**Task goal**
Give every line of the material again, exactly as written.

**Task input**
——————

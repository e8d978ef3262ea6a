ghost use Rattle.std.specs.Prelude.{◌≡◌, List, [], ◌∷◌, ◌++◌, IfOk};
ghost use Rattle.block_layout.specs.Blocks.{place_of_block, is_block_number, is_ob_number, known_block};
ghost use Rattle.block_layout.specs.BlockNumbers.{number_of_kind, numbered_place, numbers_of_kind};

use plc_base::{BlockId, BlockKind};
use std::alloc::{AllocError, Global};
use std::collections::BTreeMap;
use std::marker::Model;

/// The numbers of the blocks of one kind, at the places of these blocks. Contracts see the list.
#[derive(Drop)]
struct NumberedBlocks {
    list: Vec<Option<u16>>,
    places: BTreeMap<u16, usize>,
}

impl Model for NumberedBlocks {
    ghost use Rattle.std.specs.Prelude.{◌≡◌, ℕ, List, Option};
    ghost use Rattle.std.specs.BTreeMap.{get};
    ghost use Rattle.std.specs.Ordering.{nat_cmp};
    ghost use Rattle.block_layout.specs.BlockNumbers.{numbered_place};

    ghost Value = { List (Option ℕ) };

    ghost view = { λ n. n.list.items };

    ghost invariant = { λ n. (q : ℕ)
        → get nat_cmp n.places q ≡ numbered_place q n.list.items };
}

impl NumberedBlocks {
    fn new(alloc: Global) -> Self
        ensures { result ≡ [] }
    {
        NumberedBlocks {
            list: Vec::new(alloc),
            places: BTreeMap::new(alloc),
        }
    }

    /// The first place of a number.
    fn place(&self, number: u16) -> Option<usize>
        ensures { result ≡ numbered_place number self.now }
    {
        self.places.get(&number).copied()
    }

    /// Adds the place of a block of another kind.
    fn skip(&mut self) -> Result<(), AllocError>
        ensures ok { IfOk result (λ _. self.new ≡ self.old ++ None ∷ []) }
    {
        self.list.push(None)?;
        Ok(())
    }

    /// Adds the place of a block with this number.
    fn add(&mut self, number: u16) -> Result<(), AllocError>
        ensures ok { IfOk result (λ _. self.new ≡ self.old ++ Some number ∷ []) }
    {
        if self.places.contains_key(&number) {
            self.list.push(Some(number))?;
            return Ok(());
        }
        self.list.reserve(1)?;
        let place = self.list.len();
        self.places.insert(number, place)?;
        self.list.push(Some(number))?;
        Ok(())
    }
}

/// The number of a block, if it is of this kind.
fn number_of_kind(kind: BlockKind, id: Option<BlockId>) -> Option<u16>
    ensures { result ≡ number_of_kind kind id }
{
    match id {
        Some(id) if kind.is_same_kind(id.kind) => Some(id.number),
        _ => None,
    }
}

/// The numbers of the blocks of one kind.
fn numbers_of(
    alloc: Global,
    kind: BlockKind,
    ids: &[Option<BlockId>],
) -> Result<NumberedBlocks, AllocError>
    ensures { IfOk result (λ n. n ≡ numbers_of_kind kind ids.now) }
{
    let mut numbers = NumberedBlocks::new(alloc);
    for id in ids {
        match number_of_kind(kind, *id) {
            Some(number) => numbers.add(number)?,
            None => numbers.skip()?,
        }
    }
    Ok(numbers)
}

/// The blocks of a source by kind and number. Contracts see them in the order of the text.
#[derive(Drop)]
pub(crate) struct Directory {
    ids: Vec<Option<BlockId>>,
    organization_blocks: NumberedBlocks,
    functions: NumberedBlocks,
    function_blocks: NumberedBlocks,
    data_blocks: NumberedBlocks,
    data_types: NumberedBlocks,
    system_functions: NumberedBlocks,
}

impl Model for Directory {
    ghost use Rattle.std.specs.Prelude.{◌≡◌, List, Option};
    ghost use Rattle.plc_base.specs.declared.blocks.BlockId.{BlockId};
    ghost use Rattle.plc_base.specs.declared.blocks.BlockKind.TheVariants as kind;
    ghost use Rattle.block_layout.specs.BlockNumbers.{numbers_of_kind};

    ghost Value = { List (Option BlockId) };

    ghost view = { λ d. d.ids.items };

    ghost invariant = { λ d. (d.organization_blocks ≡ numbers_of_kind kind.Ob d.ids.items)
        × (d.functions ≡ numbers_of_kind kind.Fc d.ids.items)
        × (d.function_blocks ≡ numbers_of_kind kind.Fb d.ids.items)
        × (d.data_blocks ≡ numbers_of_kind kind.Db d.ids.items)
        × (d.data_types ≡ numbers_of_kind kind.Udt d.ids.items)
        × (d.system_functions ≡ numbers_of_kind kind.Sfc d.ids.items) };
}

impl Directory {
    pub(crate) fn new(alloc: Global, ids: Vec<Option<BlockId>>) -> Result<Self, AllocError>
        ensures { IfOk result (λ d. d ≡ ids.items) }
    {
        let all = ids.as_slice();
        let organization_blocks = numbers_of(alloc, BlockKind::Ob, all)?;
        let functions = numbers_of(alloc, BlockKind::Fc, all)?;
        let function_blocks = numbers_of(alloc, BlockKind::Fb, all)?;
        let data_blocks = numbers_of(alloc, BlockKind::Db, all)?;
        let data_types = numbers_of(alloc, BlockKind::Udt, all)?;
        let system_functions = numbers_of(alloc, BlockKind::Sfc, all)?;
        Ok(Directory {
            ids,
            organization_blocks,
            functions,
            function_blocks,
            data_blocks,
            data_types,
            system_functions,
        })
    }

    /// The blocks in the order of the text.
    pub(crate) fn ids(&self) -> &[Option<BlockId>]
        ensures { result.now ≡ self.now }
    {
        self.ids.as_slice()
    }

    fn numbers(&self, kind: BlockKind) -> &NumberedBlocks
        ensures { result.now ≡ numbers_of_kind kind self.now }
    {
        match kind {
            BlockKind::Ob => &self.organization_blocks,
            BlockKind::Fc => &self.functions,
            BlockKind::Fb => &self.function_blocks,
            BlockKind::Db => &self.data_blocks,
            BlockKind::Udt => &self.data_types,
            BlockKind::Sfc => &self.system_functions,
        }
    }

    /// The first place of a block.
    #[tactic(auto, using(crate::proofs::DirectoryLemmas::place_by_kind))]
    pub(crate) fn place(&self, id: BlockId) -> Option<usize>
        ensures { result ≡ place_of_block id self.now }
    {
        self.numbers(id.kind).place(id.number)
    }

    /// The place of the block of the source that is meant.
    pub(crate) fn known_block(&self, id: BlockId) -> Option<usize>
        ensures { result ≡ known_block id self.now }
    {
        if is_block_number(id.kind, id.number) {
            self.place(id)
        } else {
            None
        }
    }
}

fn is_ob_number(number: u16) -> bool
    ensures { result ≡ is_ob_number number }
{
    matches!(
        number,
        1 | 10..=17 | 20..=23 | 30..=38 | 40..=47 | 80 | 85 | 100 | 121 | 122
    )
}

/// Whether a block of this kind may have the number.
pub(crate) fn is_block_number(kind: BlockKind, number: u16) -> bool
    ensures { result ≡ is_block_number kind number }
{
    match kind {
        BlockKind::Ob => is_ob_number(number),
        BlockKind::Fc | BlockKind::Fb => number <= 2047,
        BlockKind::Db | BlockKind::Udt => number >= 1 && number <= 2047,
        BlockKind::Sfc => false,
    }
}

——————

**Output of the task**
repository e8d978ef3262ea6a
ghost use Rattle.std.specs.Prelude.{◌≡◌, List, [], ◌∷◌, ◌++◌, IfOk};
ghost use Rattle.block_layout.specs.Blocks.{place_of_block, is_block_number, is_ob_number, known_block};
ghost use Rattle.block_layout.specs.BlockNumbers.{number_of_kind, numbered_place, numbers_of_kind};

use plc_base::{BlockId, BlockKind};
use std::alloc::{AllocError, Global};
use std::collections::BTreeMap;
use std::marker::Model;

/// The numbers of the blocks of one kind, at the places of these blocks. Contracts see the list.
#[derive(Drop)]
struct NumberedBlocks {
    list: Vec<Option<u16>>,
    places: BTreeMap<u16, usize>,
}

impl Model for NumberedBlocks {
    ghost use Rattle.std.specs.Prelude.{◌≡◌, ℕ, List, Option};
    ghost use Rattle.std.specs.BTreeMap.{get};
    ghost use Rattle.std.specs.Ordering.{nat_cmp};
    ghost use Rattle.block_layout.specs.BlockNumbers.{numbered_place};

    ghost Value = { List (Option ℕ) };

    ghost view = { λ n. n.list.items };

    ghost invariant = { λ n. (q : ℕ)
        → get nat_cmp n.places q ≡ numbered_place q n.list.items };
}

impl NumberedBlocks {
    fn new(alloc: Global) -> Self
        ensures { result ≡ [] }
    {
        NumberedBlocks {
            list: Vec::new(alloc),
            places: BTreeMap::new(alloc),
        }
    }

    /// The first place of a number.
    fn place(&self, number: u16) -> Option<usize>
        ensures { result ≡ numbered_place number self.now }
    {
        self.places.get(&number).copied()
    }

    /// Adds the place of a block of another kind.
    fn skip(&mut self) -> Result<(), AllocError>
        ensures ok { IfOk result (λ _. self.new ≡ self.old ++ None ∷ []) }
    {
        self.list.push(None)?;
        Ok(())
    }

    /// Adds the place of a block with this number.
    fn add(&mut self, number: u16) -> Result<(), AllocError>
        ensures ok { IfOk result (λ _. self.new ≡ self.old ++ Some number ∷ []) }
    {
        if self.places.contains_key(&number) {
            self.list.push(Some(number))?;
            return Ok(());
        }
        self.list.reserve(1)?;
        let place = self.list.len();
        self.places.insert(number, place)?;
        self.list.push(Some(number))?;
        Ok(())
    }
}

/// The number of a block, if it is of this kind.
fn number_of_kind(kind: BlockKind, id: Option<BlockId>) -> Option<u16>
    ensures { result ≡ number_of_kind kind id }
{
    match id {
        Some(id) if kind.is_same_kind(id.kind) => Some(id.number),
        _ => None,
    }
}

/// The numbers of the blocks of one kind.
fn numbers_of(
    alloc: Global,
    kind: BlockKind,
    ids: &[Option<BlockId>],
) -> Result<NumberedBlocks, AllocError>
    ensures { IfOk result (λ n. n ≡ numbers_of_kind kind ids.now) }
{
    let mut numbers = NumberedBlocks::new(alloc);
    for id in ids {
        match number_of_kind(kind, *id) {
            Some(number) => numbers.add(number)?,
            None => numbers.skip()?,
        }
    }
    Ok(numbers)
}

/// The blocks of a source by kind and number. Contracts see them in the order of the text.
#[derive(Drop)]
pub(crate) struct Directory {
    ids: Vec<Option<BlockId>>,
    organization_blocks: NumberedBlocks,
    functions: NumberedBlocks,
    function_blocks: NumberedBlocks,
    data_blocks: NumberedBlocks,
    data_types: NumberedBlocks,
    system_functions: NumberedBlocks,
}

impl Model for Directory {
    ghost use Rattle.std.specs.Prelude.{◌≡◌, List, Option};
    ghost use Rattle.plc_base.specs.declared.blocks.BlockId.{BlockId};
    ghost use Rattle.plc_base.specs.declared.blocks.BlockKind.TheVariants as kind;
    ghost use Rattle.block_layout.specs.BlockNumbers.{numbers_of_kind};

    ghost Value = { List (Option BlockId) };

    ghost view = { λ d. d.ids.items };

    ghost invariant = { λ d. (d.organization_blocks ≡ numbers_of_kind kind.Ob d.ids.items)
        × (d.functions ≡ numbers_of_kind kind.Fc d.ids.items)
        × (d.function_blocks ≡ numbers_of_kind kind.Fb d.ids.items)
        × (d.data_blocks ≡ numbers_of_kind kind.Db d.ids.items)
        × (d.data_types ≡ numbers_of_kind kind.Udt d.ids.items)
        × (d.system_functions ≡ numbers_of_kind kind.Sfc d.ids.items) };
}

impl Directory {
    pub(crate) fn new(alloc: Global, ids: Vec<Option<BlockId>>) -> Result<Self, AllocError>
        ensures { IfOk result (λ d. d ≡ ids.items) }
    {
        let all = ids.as_slice();
        let organization_blocks = numbers_of(alloc, BlockKind::Ob, all)?;
        let functions = numbers_of(alloc, BlockKind::Fc, all)?;
        let function_blocks = numbers_of(alloc, BlockKind::Fb, all)?;
        let data_blocks = numbers_of(alloc, BlockKind::Db, all)?;
        let data_types = numbers_of(alloc, BlockKind::Udt, all)?;
        let system_functions = numbers_of(alloc, BlockKind::Sfc, all)?;
        Ok(Directory {
            ids,
            organization_blocks,
            functions,
            function_blocks,
            data_blocks,
            data_types,
            system_functions,
        })
    }

    /// The blocks in the order of the text.
    pub(crate) fn ids(&self) -> &[Option<BlockId>]
        ensures { result.now ≡ self.now }
    {
        self.ids.as_slice()
    }

    fn numbers(&self, kind: BlockKind) -> &NumberedBlocks
        ensures { result.now ≡ numbers_of_kind kind self.now }
    {
        match kind {
            BlockKind::Ob => &self.organization_blocks,
            BlockKind::Fc => &self.functions,
            BlockKind::Fb => &self.function_blocks,
            BlockKind::Db => &self.data_blocks,
            BlockKind::Udt => &self.data_types,
            BlockKind::Sfc => &self.system_functions,
        }
    }

    /// The first place of a block.
    #[tactic(auto, using(crate::proofs::DirectoryLemmas::place_by_kind))]
    pub(crate) fn place(&self, id: BlockId) -> Option<usize>
        ensures { result ≡ place_of_block id self.now }
    {
        self.numbers(id.kind).place(id.number)
    }

    /// The place of the block of the source that is meant.
    pub(crate) fn known_block(&self, id: BlockId) -> Option<usize>
        ensures { result ≡ known_block id self.now }
    {
        if is_block_number(id.kind, id.number) {
            self.place(id)
        } else {
            None
        }
    }
}

fn is_ob_number(number: u16) -> bool
    ensures { result ≡ is_ob_number number }
{
    matches!(
        number,
        1 | 10..=17 | 20..=23 | 30..=38 | 40..=47 | 80 | 85 | 100 | 121 | 122
    )
}

/// Whether a block of this kind may have the number.
pub(crate) fn is_block_number(kind: BlockKind, number: u16) -> bool
    ensures { result ≡ is_block_number kind number }
{
    match kind {
        BlockKind::Ob => is_ob_number(number),
        BlockKind::Fc | BlockKind::Fb => number <= 2047,
        BlockKind::Db | BlockKind::Udt => number >= 1 && number <= 2047,
        BlockKind::Sfc => false,
    }
}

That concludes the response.